アルバム『真夜中の動物園』について、中島みゆきは以下のように書き記している。

「魚類・鳥類・哺乳類……可笑しくて、トホホで、やがて愛しき、動物たちの、音楽図鑑」

2010年「ダ・ヴィンチ」11月号のインタビューによると、これまでにも動物が登場する曲はあったが、本作では好きな動物ばかりを集めたという。

「すべての生きとし生けるものと一緒に生きていたいって思いですかね」

ジャケット写真は富良野塾で撮影

山の中で走っている中島みゆきの姿が写ったジャケット写真は、富良野塾で撮影された。
富良野塾は、1984年に脚本家の倉本聰が北海道の富良野に開いた脚本家と俳優の養成所だ。
かねてから親交のあった倉本聰を通じて、ここを撮影場所と選んだと思われる。

ジャケット写真の中島みゆきの足元を見ると、長靴を履いている。
2010年「ダ・ヴィンチ」11月号のインタビューによると、当初はスタイリストが用意した綺麗な靴を履いて撮影に臨む予定だった。

撮影当日は、雨上がり。
本来の撮影場所までの道がぬかるんでいたため、スタッフが調達した長靴を履いて移動した。
本作のジャケットは、その移動中に撮られた写真が使われた

ボーナストラックの意味

11曲目の『雪傘』と12曲目の『愛だけを残せ(Album Version)』は、ボーナストラックとして収録されている。
アルバムの区切りとしては10曲目だが、このボーナストラックもまた別の役割を持っているらしい。
2010年「ダ・ヴィンチ」11月号のインタビューでは、以下のように答えている。

「ボーナストラックの2曲を聴いてもらうと、動物の世界から人間の世界に戻っていただけるんじゃないかと」

『真夜中の動物園』の曲解説&みんなの感想

『今日以来』

⇒「今日以来』(レコチョク試聴あり)

作詞・作曲 中島みゆき
編曲 瀬尾一三 中村哲

アルバムの曲順を色々考えた結果、気楽に始められるこの曲を1曲目に据えたという。

愛されようと思うより自分から愛そうと思うようになっていく決意を描いた曲。
要領よく生きられずいた過去に決別しようとする姿が美しい。

さまにならない人生でした
間違いばかりをやらかしました
こけました へこみました
なのに何(な)んにも学べてません
(『今日以来』より)

『真夜中の動物園』

⇒『真夜中の動物園』(レコチョク試聴あり)

作詞・作曲 中島みゆき
編曲 瀬尾一三

タイトル曲という性格上、通常はアルバムのラストに持ってくるものだが、早く聴いてほしいという思いで2曲目に据えた。
同時録音のレコーディングでは、他のミュージシャンとの間に起きた化学反応を以下のように語っている。

「その場の空気が共振して何倍にも鳴るんです」

そのお陰か、園内の動物たちが呼応するような雰囲気に仕上がっている。

真夜中の真ん中に
動物園では人知れず
逢いたい相手が逢いに来る
逢えない相手が逢いに来る
(『真夜中の動物園』より)

『まるで高速電車のようにあたしたちは擦れ違う』

⇒『まるで高速電車のようにあたしたちは擦れ違う』(レコチョク試聴あり)

作詞・作曲 中島みゆき
編曲 瀬尾一三

コピーライターの糸井重里に「みゆきさんは畳みかける作詞家」と言わしめたこの曲。
似た表現を繰り返す独特の歌詞であるが、特に2番目以降の歌詞が糸井の心を掴んだようだ。
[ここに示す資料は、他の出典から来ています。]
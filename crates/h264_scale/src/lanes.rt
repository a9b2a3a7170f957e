ghost use Rattle.std.specs.Prelude.{◌≡◌, [], ◌∷◌, ◌*ℤ◌, ◌+◌, ◌<◌, ◌≤◌, ◌↔◌, ℕ, ℤ, pos, get_or, length, IsTrue, IfSome, IsSome, true};
ghost use Rattle.h264_scale.specs.Residual.{AreIn, coefficient};
ghost use Rattle.h264_scale.specs.Fours.{IsShort, IsShortFour, IsShortBlock, IsSmall, AreWithin, plus as plus_of, minus as minus_of, half as half_of};
ghost use Rattle.h264_scale.specs.Fours.{halves as halves_of, joined as joined_of, transposed as transposed_of, block_of, with_dc, factor_at};
ghost use Rattle.h264_scale.specs.Fours.{rounded_block, scaled_block, block_residual_fits, block_residual};
ghost use Rattle.h264_scale.specs.Lanes.{lanes, AreRows, AreWide, by_place, size_below, with_first as with_first_of};
ghost use Rattle.h264_scale.specs.declared.fours.Four.{Four};
ghost use Rattle.h264_scale.specs.declared.fours.Block.{Block};
ghost use Rattle.h264_plane.specs.Clip.{IsIn};

use crate::residual::{V0, V1, V2, factor};
use std::simd::prelude::*;

/// A matrix of numbers of 16 bits, by its rows.
#[derive(Clone, Copy)]
pub struct Rows {
    pub r0: i16x4,
    pub r1: i16x4,
    pub r2: i16x4,
    pub r3: i16x4,
}

/// The sum of two rows.
#[inline(always)]
fn plus(v: i16x4, w: i16x4) -> i16x4
    ensures { (x y : Four) → v ≡ lanes x → w ≡ lanes y → IsShortFour x → IsShortFour y → IsShortFour (plus_of x y) → result ≡ lanes (plus_of x y) }
{
    v + w
}

/// Their difference.
#[inline(always)]
fn minus(v: i16x4, w: i16x4) -> i16x4
    ensures { (x y : Four) → v ≡ lanes x → w ≡ lanes y → IsShortFour x → IsShortFour y → IsShortFour (minus_of x y) → result ≡ lanes (minus_of x y) }
{
    v - w
}

/// Half of a row, rounded down.
#[inline(always)]
fn half(v: i16x4) -> i16x4
    ensures { (x : Four) → v ≡ lanes x → IsShortFour x → result ≡ lanes (half_of x) }
{
    v >> i16x4::splat(1)
}

/// The transform of each column.
#[inline(always)]
fn step(m: Rows) -> Rows
    ensures { (x : Block) → AreRows m x → IsShortBlock x → IsShortBlock (halves_of x) → IsShortBlock (joined_of (halves_of x)) →
        AreRows result (joined_of (halves_of x)) }
{
    let e0 = plus(m.r0, m.r2);
    let e1 = minus(m.r0, m.r2);
    let e2 = minus(half(m.r1), m.r3);
    let e3 = plus(m.r1, half(m.r3));
    Rows {
        r0: plus(e0, e3),
        r1: plus(e1, e2),
        r2: minus(e1, e2),
        r3: minus(e0, e3),
    }
}

/// The matrix with its rows as columns.
#[inline(always)]
fn transposed(m: Rows) -> Rows
    ensures { (x : Block) → AreRows m x → IsShortBlock x → AreRows result (transposed_of x) }
{
    let upper = m.r0.shuffle::<8>(m.r1, [0, 4, 1, 5, 2, 6, 3, 7]);
    let lower = m.r2.shuffle::<8>(m.r3, [0, 4, 1, 5, 2, 6, 3, 7]);
    Rows {
        r0: upper.shuffle::<4>(lower, [0, 1, 8, 9]),
        r1: upper.shuffle::<4>(lower, [2, 3, 10, 11]),
        r2: upper.shuffle::<4>(lower, [4, 5, 12, 13]),
        r3: upper.shuffle::<4>(lower, [6, 7, 14, 15]),
    }
}

/// The residual row by row, from the last values of the transform.
#[inline(always)]
fn rounded_rows(m: Rows) -> [i16; 16]
    ensures value { (x : Block) → AreRows m x → AreWithin 32735 x → result ≡ rounded_block x }
{
    let upper = m.r0.shuffle::<8>(m.r1, [0, 1, 2, 3, 4, 5, 6, 7]);
    let lower = m.r2.shuffle::<8>(m.r3, [0, 1, 2, 3, 4, 5, 6, 7]);
    let all = upper.shuffle::<16>(
        lower,
        [0, 1, 2, 3, 4, 5, 6, 7, 8, 9, 10, 11, 12, 13, 14, 15],
    );
    ((all + i16x16::splat(32)) >> i16x16::splat(6)).to_array()
}

/// Whether the entries are so small that no later value leaves its range: each later value is at most their sum without signs, and a last one may be 32735.
#[inline(always)]
fn are_small(d: &[i32; 16]) -> bool
    ensures { IsTrue result ↔ (size_below 16 d.now ≤ 32735) }
{
    let mut size = 0;
    // One entry of 2 ^ 15 is too much already.
    for x in d {
        size += x.unsigned_abs().min(32768);
    }
    size <= 32735
}

/// Small numbers in 16 bits.
#[inline(always)]
fn narrow(d: i32x16) -> i16x16
    requires { (k : ℕ) → k < 16 → IsIn 32735 (get_or d k (pos 0)) }
    ensures { result ≡ d }
{
    d.cast::<i16>()
}

/// What the coefficients of a block are multiplied by.
#[inline(always)]
fn factors(qp: u8) -> i32x16
    requires { qp ≤ 51 }
    ensures { result ≡ by_place (λ i j. pos (factor_at qp i j)) }
{
    let m = usize::from(qp % 6);
    let even = factor(V0[m], qp) as i32;
    let odd = factor(V1[m], qp) as i32;
    let other = factor(V2[m], qp) as i32;
    i32x4::from_array([even, odd, other, 0]).swizzle::<16>([
        0, 2, 2, 0, 1, 0, 2, 2, 2, 2, 1, 0, 1, 2, 2, 1,
    ])
}

/// The scaled coefficients by place of the scan.
#[inline(always)]
fn products(levels: i16x16, qp: u8) -> i32x16
    requires { qp ≤ 51 }
    ensures { (m : ℕ → ℕ → ℤ) → levels ≡ by_place m → IsShortBlock (block_of m) → result ≡ by_place (λ i j. m i j *ℤ pos (factor_at qp i j)) }
{
    levels.cast::<i32>() * factors(qp)
}

/// The columns of a matrix whose entries stand by place of the scan.
#[inline(always)]
fn columns(d: i16x16) -> Rows
    ensures { (m : ℕ → ℕ → ℤ) → d ≡ by_place m → IsShortBlock (block_of m) → AreRows result (transposed_of (block_of m)) }
{
    Rows {
        r0: d.swizzle::<4>([0, 2, 3, 9]),
        r1: d.swizzle::<4>([1, 4, 8, 10]),
        r2: d.swizzle::<4>([5, 7, 11, 14]),
        r3: d.swizzle::<4>([6, 12, 13, 15]),
    }
}

/// Entries by place of the scan with another first one.
#[inline(always)]
fn with_first(d: i32x16, first: i16) -> i32x16
    ensures { (m : ℕ → ℕ → ℤ) → d ≡ by_place m → AreWide m → result ≡ by_place (with_first_of first m) }
{
    d.shuffle::<16>(
        i32x16::splat(i32::from(first)),
        [16, 1, 2, 3, 4, 5, 6, 7, 8, 9, 10, 11, 12, 13, 14, 15],
    )
}

/// The 16 levels of a block.
#[inline(always)]
fn sixteen(l: &[i16; 16]) -> i16x16
    ensures value { result ≡ by_place (coefficient l.now) }
    ensures range { IsShortBlock (block_of (coefficient l.now)) }
{
    i16x16::from_array([
        l[0], l[1], l[2], l[3], l[4], l[5], l[6], l[7], l[8], l[9], l[10], l[11], l[12], l[13],
        l[14], l[15],
    ])
}

/// The 15 levels after the first place of the scan, with the first of them also at that place, where no level stands.
#[inline(always)]
fn sixteen_after_dc(l: &[i16; 15]) -> i16x16
    ensures value { result ≡ by_place (coefficient (get_or l.now 0 (pos 0) ∷ l.now)) }
    ensures range { IsShortBlock (block_of (coefficient (get_or l.now 0 (pos 0) ∷ l.now))) }
{
    i16x16::from_array([
        l[0], l[0], l[1], l[2], l[3], l[4], l[5], l[6], l[7], l[8], l[9], l[10], l[11], l[12],
        l[13], l[14],
    ])
}

/// The columns of scaled coefficients by place of the scan, if these are small.
#[inline(always)]
fn small_columns(d: i32x16) -> Option<Rows>
    ensures columns { (m : ℕ → ℕ → ℤ) → d ≡ by_place m → AreWide m → IfSome result (λ c. AreRows c (transposed_of (block_of m)) × IsSmall (block_of m)) }
    ensures answers { (m : ℕ → ℕ → ℤ) → d ≡ by_place m → AreWide m → IsSmall (block_of m) → IsSome result }
{
    if !are_small(&d.to_array()) {
        return None;
    }
    Some(columns(narrow(d)))
}

/// The inverse transform of small coefficients, by their columns: no value leaves its range.
#[inline(always)]
fn transform(columns: Rows) -> [i16; 16]
    ensures value { (d : Block) → AreRows columns (transposed_of d) → IsSmall d → result ≡ block_residual d }
    ensures bound { (d : Block) → AreRows columns (transposed_of d) → IsSmall d → AreIn 512 result }
{
    rounded_rows(step(transposed(step(columns))))
}

/// The residual of a block of 16 levels whose scaled coefficients are small.
#[inline(always)]
pub fn small_residual(levels: &[i16; 16], qp: u8) -> Option<[i16; 16]>
    requires { qp ≤ 51 }
    ensures value { IfSome result (λ r. (block_residual_fits (scaled_block qp (block_of (coefficient levels.now))) ≡ true)
        × (r ≡ block_residual (scaled_block qp (block_of (coefficient levels.now))))) }
    ensures answers { IsSmall (scaled_block qp (block_of (coefficient levels.now))) → IsSome result }
    ensures bound { IfSome result (AreIn 512) }
{
    let columns = small_columns(products(sixteen(levels), qp))?;
    Some(transform(columns))
}

/// The residual of a block whose DC coefficient was scaled apart, and whose coefficients are small.
#[inline(always)]
pub fn small_residual_with_dc(dc: i16, levels: &[i16; 15], qp: u8) -> Option<[i16; 16]>
    requires { qp ≤ 51 }
    ensures value { IfSome result (λ r. (block_residual_fits (with_dc dc
        (scaled_block qp (block_of (coefficient (get_or levels.now 0 (pos 0) ∷ levels.now))))) ≡ true)
        × (r ≡ block_residual (with_dc dc (scaled_block qp (block_of (coefficient (get_or levels.now 0 (pos 0) ∷ levels.now))))))) }
    ensures answers { IsSmall (with_dc dc (scaled_block qp (block_of (coefficient (get_or levels.now 0 (pos 0) ∷ levels.now))))) → IsSome result }
    ensures bound { IfSome result (AreIn 512) }
{
    let d = products(sixteen_after_dc(levels), qp);
    let columns = small_columns(with_first(d, dc))?;
    Some(transform(columns))
}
人生とは、その場限りの瞬間を繋げただけの集積にすぎないのかもしれない。

笑うことも 泣くことも 思うことも しゃべることも
怒ることも 歌うことも 大嫌いも 大好きも
あたしたちは あたしたちは あたしたちは あたしたちは
自由っていう名前の中 何か嘘を嗅ぎ取ってる
(『まるで高速電車のようにあたしたちは擦れ違う』より)

『ハリネズミだって恋をする』

⇒『ハリネズミだって恋をする』(レコチョク試聴あり)

作詞・作曲 中島みゆき
編曲 瀬尾一三

英語でハリネズミは、「hedgehog」と「porcupine」の2つのパターンの呼び方がある。
同じハリネズミでも、この2つは行動様式や風貌がまるで違うらしい。

前者の「hedgehog」は、身を護る術しか持たない
一方、後者の「porcupine」は、いわゆるヤマアラシで、攻撃されたら反撃する。
さて、中島みゆきは、どちらのハリネズミを想定しているのだろうか?

英訳の歌詞カードには「hedgehog」と書かれている。
当初、翻訳家からは「porcupine」の方で提出されたが、これを修正してもらっている。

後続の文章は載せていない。